▸ **Provided records**

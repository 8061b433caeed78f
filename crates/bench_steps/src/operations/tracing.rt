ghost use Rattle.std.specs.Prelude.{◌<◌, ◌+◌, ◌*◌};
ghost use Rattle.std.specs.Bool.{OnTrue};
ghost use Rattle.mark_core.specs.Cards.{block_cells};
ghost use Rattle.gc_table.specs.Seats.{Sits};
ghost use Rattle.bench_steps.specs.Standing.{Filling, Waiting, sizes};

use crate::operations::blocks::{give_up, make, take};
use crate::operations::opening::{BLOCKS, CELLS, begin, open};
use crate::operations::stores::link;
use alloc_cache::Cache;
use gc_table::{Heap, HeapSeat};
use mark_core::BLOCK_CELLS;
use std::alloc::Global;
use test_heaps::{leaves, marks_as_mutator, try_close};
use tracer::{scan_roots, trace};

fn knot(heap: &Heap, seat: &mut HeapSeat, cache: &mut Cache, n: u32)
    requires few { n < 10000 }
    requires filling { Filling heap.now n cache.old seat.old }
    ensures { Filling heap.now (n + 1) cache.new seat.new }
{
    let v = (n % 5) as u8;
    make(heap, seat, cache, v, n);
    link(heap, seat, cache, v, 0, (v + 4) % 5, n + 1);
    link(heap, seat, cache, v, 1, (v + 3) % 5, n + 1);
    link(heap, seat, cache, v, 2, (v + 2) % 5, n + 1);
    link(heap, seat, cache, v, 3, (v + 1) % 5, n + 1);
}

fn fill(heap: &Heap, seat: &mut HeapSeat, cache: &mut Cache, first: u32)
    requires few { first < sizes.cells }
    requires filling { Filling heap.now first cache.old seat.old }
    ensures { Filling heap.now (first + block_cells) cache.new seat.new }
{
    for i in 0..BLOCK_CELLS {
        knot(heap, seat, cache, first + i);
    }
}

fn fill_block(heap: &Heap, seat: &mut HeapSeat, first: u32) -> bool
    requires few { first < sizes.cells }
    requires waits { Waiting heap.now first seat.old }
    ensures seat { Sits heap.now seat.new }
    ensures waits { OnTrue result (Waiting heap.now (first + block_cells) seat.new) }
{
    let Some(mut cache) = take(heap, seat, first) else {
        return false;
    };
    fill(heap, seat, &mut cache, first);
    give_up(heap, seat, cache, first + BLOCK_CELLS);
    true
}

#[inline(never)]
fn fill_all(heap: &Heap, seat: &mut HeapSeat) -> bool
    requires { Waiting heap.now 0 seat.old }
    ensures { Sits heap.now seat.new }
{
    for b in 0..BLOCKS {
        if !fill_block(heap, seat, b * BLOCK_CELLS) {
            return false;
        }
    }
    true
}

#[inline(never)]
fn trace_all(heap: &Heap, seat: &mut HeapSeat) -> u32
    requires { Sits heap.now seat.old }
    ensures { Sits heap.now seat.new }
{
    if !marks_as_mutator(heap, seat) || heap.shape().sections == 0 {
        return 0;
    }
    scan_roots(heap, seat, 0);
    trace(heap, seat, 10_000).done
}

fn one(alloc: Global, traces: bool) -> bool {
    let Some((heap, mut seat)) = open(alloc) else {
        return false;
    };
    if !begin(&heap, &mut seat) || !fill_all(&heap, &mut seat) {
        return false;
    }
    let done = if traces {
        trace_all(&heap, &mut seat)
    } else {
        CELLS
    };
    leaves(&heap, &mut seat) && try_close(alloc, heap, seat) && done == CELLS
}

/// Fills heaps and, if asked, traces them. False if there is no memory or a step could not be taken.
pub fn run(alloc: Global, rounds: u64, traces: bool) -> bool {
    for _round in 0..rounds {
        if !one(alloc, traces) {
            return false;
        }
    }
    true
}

▸ **Try it**
Start printing at the line with "trace_all(&heap, &mut seat)" and stop after the final line of the listing above, keeping every line exact.

▸ **Task answer**
        trace_all(&heap, &mut seat)
    } else {
        CELLS
    };
    leaves(&heap, &mut seat) && try_close(alloc, heap, seat) && done == CELLS
}

/// Fills heaps and, if asked, traces them. False if there is no memory or a step could not be taken.
pub fn run(alloc: Global, rounds: u64, traces: bool) -> bool {
    for _round in 0..rounds {
        if !one(alloc, traces) {
            return false;
        }
    }
    true
}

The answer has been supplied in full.